§ Exercise objective: Identical copies of all the records below are needed.

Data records
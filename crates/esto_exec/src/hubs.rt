//! Hubs of equations: where several slots hold one code, all the others' equations name the one whose get comes first
//! in an order of joins. The equations say the same whichever it is.
ghost use Rattle.std.specs.Prelude.{◌≡◌, map, IfOk, OnOk};
ghost use Rattle.esto_exec.specs.Hubs.{turned, SayTheSame};

use crate::slots::{Equation, Equations, Side, Slot};
use esto_term::{List, OutOfMemory, Places, Replicate};
use std::alloc::Global;

impl Replicate for Equation {
    /// The same equation.
    fn copy(&self, _alloc: Global) -> Result<Equation, OutOfMemory> {
        Ok(*self)
    }
}

/// The equation where the slot takes the place of the hub.
fn turned_equation(hub: &Slot, slot: &Slot, equation: &Equation) -> Equation
    ensures { result ≡ turned hub.now slot.now equation.now }
{
    let Side::Held(other) = &equation.side else {
        return *equation;
    };
    if !(other.get == hub.get && other.column == hub.column) {
        return *equation;
    }
    let side = Side::Held(*slot);
    if equation.slot.get == slot.get && equation.slot.column == slot.column {
        return Equation { slot: *hub, side };
    }
    Equation {
        slot: equation.slot,
        side,
    }
}

/// The equations where the slot takes the place of the hub.
fn turned(
    alloc: Global,
    hub: &Slot,
    slot: &Slot,
    equations: &Equations,
) -> Result<Equations, OutOfMemory>
    ensures { IfOk result (λ it. it ≡ map (turned hub.now slot.now) equations.now) }
{
    let mut own = List::new(alloc);
    'equations: for equation in equations.items() {
        own.push(turned_equation(hub, slot, equation))?;
    }
    Ok(own)
}

/// Whether the one number comes in the order, before the other if that one does too.
fn comes_before(order: &Places, one: usize, other: usize) -> bool {
    'order: for number in order.items() {
        if *number == other {
            return false;
        }
        if *number == one {
            return true;
        }
    }
    false
}

/// Makes the slot of the equation at the index the hub in place of its side, where the get of the slot comes before
/// that of the side in the order.
fn turn_at(
    alloc: Global,
    order: &Places,
    index: usize,
    equations: &mut Equations,
) -> Result<(), OutOfMemory>
    ensures { OnOk result (SayTheSame equations.old equations.new) }
{
    if index >= equations.len() {
        return Ok(());
    }
    let equation = *equations.item(index);
    let Side::Held(hub) = equation.side else {
        return Ok(());
    };
    if !comes_before(order, equation.slot.get, hub.get) {
        return Ok(());
    }
    *equations = turned(alloc, &hub, &equation.slot, equations)?;
    Ok(())
}

/// The equations, with hubs that come first in the order: each equation whose slot comes before the hub that it names,
/// as those before it have left it, makes its slot the hub.
pub(crate) fn along(
    alloc: Global,
    equations: &Equations,
    order: &Places,
) -> Result<Equations, OutOfMemory>
    ensures { IfOk result (SayTheSame equations.now) }
{
    let mut own = equations.copy(alloc)?;
    'equations: for index in 0..equations.len() {
        turn_at(alloc, order, index, &mut own)?;
    }
    Ok(own)
}
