//! What gets read: their fragments, or rows of these that were asked for beforehand.
ghost use Rattle.std.specs.Prelude.{◌≡◌, ◌++◌, ◌∷◌, [], length, IfOk};
ghost use Rattle.esto_exec.specs.Instead.{given_shape, given_rows};

use esto_columns::{Fragment, Inputs, Rows, StoredRows, Ways};
use esto_steps::{Get, Gets, Whole};
use esto_term::{List, OutOfMemory, Replicate, Values};
use std::alloc::Global;

/// What a get reads: its fragment, or rows of it that were asked for beforehand.
#[derive(Drop)]
pub(crate) enum Given<'a, F> {
    Own(&'a F),
    Asked(StoredRows),
}

impl<'a, F: Whole> Fragment for Given<'a, F> {
    ghost shape = { given_shape F.shape };

    ghost rows = { given_rows F.rows };

    fn arity(&self) -> usize {
        match self {
            Given::Own(fragment) => fragment.arity(),
            Given::Asked(stored) => stored.arity(),
        }
    }

    fn allowed(&self) -> &Ways {
        match self {
            Given::Own(fragment) => fragment.allowed(),
            Given::Asked(stored) => stored.allowed(),
        }
    }

    fn get(&self, alloc: Global, inputs: &Inputs) -> Result<Rows, OutOfMemory> {
        match self {
            Given::Own(fragment) => fragment.get(alloc, inputs),
            Given::Asked(stored) => stored.get(alloc, inputs),
        }
    }
}

impl<'a, F: Whole> Whole for Given<'a, F> {
    fn whole(&self) -> &Rows {
        match self {
            Given::Own(fragment) => fragment.whole(),
            Given::Asked(stored) => stored.whole(),
        }
    }
}

/// The get over the fragment of the number, with the same links.
pub(crate) fn renamed(alloc: Global, get: &Get, number: usize) -> Result<Get, OutOfMemory>
    ensures { IfOk result (λ it. (it.fragment ≡ number) × (it.inputs ≡ get.now.inputs)
        × (it.filters ≡ get.now.filters)) }
{
    let inputs = get.inputs.copy(alloc)?;
    let filters = get.filters.copy(alloc)?;
    Ok(Get {
        fragment: number,
        inputs,
        filters,
    })
}

/// The get over the fragment of the number, whose inputs are filters.
pub(crate) fn freed(alloc: Global, get: &Get, number: usize) -> Result<Get, OutOfMemory>
    ensures { IfOk result (λ it. (it.fragment ≡ number) × (it.inputs ≡ [])
        × (it.filters ≡ get.now.inputs ++ get.now.filters)) }
{
    let mut filters = get.inputs.copy(alloc)?;
    filters.append(get.filters.copy(alloc)?)?;
    Ok(Get {
        fragment: number,
        inputs: List::new(alloc),
        filters,
    })
}

/// The rows, which may be asked without inputs alone.
pub(crate) fn without_inputs(alloc: Global, rows: Rows) -> Result<StoredRows, OutOfMemory>
    ensures { IfOk result (λ it. (it.rows ≡ rows) × (it.ways ≡ [] ∷ [])) }
{
    let mut ways = List::new(alloc);
    ways.push(Values::new(alloc))?;
    StoredRows::new(alloc, rows, ways)
}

§ Response to the exercise:
filename crates/esto_exec/src/hubs.rt
//! Hubs of equations: where several slots hold one code, all the others' equations name the one whose get comes first
//! in an order of joins. The equations say the same whichever it is.
ghost use Rattle.std.specs.Prelude.{◌≡◌, map, IfOk, OnOk};
ghost use Rattle.esto_exec.specs.Hubs.{turned, SayTheSame};

use crate::slots::{Equation, Equations, Side, Slot};
use esto_term::{List, OutOfMemory, Places, Replicate};
use std::alloc::Global;

impl Replicate for Equation {
    /// The same equation.
    fn copy(&self, _alloc: Global) -> Result<Equation, OutOfMemory> {
        Ok(*self)
    }
}

/// The equation where the slot takes the place of the hub.
fn turned_equation(hub: &Slot, slot: &Slot, equation: &Equation) -> Equation
    ensures { result ≡ turned hub.now slot.now equation.now }
{
    let Side::Held(other) = &equation.side else {
        return *equation;
    };
    if !(other.get == hub.get && other.column == hub.column) {
        return *equation;
    }
    let side = Side::Held(*slot);
    if equation.slot.get == slot.get && equation.slot.column == slot.column {
        return Equation { slot: *hub, side };
    }
    Equation {
        slot: equation.slot,
        side,
    }
}

/// The equations where the slot takes the place of the hub.
fn turned(
    alloc: Global,
    hub: &Slot,
    slot: &Slot,
    equations: &Equations,
) -> Result<Equations, OutOfMemory>
    ensures { IfOk result (λ it. it ≡ map (turned hub.now slot.now) equations.now) }
{
    let mut own = List::new(alloc);
    'equations: for equation in equations.items() {
        own.push(turned_equation(hub, slot, equation))?;
    }
    Ok(own)
}

/// Whether the one number comes in the order, before the other if that one does too.
fn comes_before(order: &Places, one: usize, other: usize) -> bool {
    'order: for number in order.items() {
        if *number == other {
            return false;
        }
        if *number == one {
            return true;
        }
    }
    false
}

/// Makes the slot of the equation at the index the hub in place of its side, where the get of the slot comes before
/// that of the side in the order.
fn turn_at(
    alloc: Global,
    order: &Places,
    index: usize,
    equations: &mut Equations,
) -> Result<(), OutOfMemory>
    ensures { OnOk result (SayTheSame equations.old equations.new) }
{
    if index >= equations.len() {
        return Ok(());
    }
    let equation = *equations.item(index);
    let Side::Held(hub) = equation.side else {
        return Ok(());
    };
    if !comes_before(order, equation.slot.get, hub.get) {
        return Ok(());
    }
    *equations = turned(alloc, &hub, &equation.slot, equations)?;
    Ok(())
}

/// The equations, with hubs that come first in the order: each equation whose slot comes before the hub that it names,
/// as those before it have left it, makes its slot the hub.
pub(crate) fn along(
    alloc: Global,
    equations: &Equations,
    order: &Places,
) -> Result<Equations, OutOfMemory>
    ensures { IfOk result (SayTheSame equations.now) }
{
    let mut own = equations.copy(alloc)?;
    'equations: for index in 0..equations.len() {
        turn_at(alloc, order, index, &mut own)?;
    }
    Ok(own)
}
//! What gets read: their fragments, or rows of these that were asked for beforehand.
ghost use Rattle.std.specs.Prelude.{◌≡◌, ◌++◌, ◌∷◌, [], length, IfOk};
ghost use Rattle.esto_exec.specs.Instead.{given_shape, given_rows};

use esto_columns::{Fragment, Inputs, Rows, StoredRows, Ways};
use esto_steps::{Get, Gets, Whole};
use esto_term::{List, OutOfMemory, Replicate, Values};
use std::alloc::Global;

/// What a get reads: its fragment, or rows of it that were asked for beforehand.
#[derive(Drop)]
pub(crate) enum Given<'a, F> {
    Own(&'a F),
    Asked(StoredRows),
}

impl<'a, F: Whole> Fragment for Given<'a, F> {
    ghost shape = { given_shape F.shape };

    ghost rows = { given_rows F.rows };

    fn arity(&self) -> usize {
        match self {
            Given::Own(fragment) => fragment.arity(),
            Given::Asked(stored) => stored.arity(),
        }
    }

    fn allowed(&self) -> &Ways {
        match self {
            Given::Own(fragment) => fragment.allowed(),
            Given::Asked(stored) => stored.allowed(),
        }
    }

    fn get(&self, alloc: Global, inputs: &Inputs) -> Result<Rows, OutOfMemory> {
        match self {
            Given::Own(fragment) => fragment.get(alloc, inputs),
            Given::Asked(stored) => stored.get(alloc, inputs),
        }
    }
}

impl<'a, F: Whole> Whole for Given<'a, F> {
    fn whole(&self) -> &Rows {
        match self {
            Given::Own(fragment) => fragment.whole(),
            Given::Asked(stored) => stored.whole(),
        }
    }
}

/// The get over the fragment of the number, with the same links.
pub(crate) fn renamed(alloc: Global, get: &Get, number: usize) -> Result<Get, OutOfMemory>
    ensures { IfOk result (λ it. (it.fragment ≡ number) × (it.inputs ≡ get.now.inputs)
        × (it.filters ≡ get.now.filters)) }
{
    let inputs = get.inputs.copy(alloc)?;
    let filters = get.filters.copy(alloc)?;
    Ok(Get {
        fragment: number,
        inputs,
        filters,
    })
}

/// The get over the fragment of the number, whose inputs are filters.
pub(crate) fn freed(alloc: Global, get: &Get, number: usize) -> Result<Get, OutOfMemory>
    ensures { IfOk result (λ it. (it.fragment ≡ number) × (it.inputs ≡ [])
        × (it.filters ≡ get.now.inputs ++ get.now.filters)) }
{
    let mut filters = get.inputs.copy(alloc)?;
    filters.append(get.filters.copy(alloc)?)?;
    Ok(Get {
        fragment: number,
        inputs: List::new(alloc),
        filters,
    })
}

/// The rows, which may be asked without inputs alone.
pub(crate) fn without_inputs(alloc: Global, rows: Rows) -> Result<StoredRows, OutOfMemory>
    ensures { IfOk result (λ it. (it.rows ≡ rows) × (it.ways ≡ [] ∷ [])) }
{
    let mut ways = List::new(alloc);
    ways.push(Values::new(alloc))?;
    StoredRows::new(alloc, rows, ways)
}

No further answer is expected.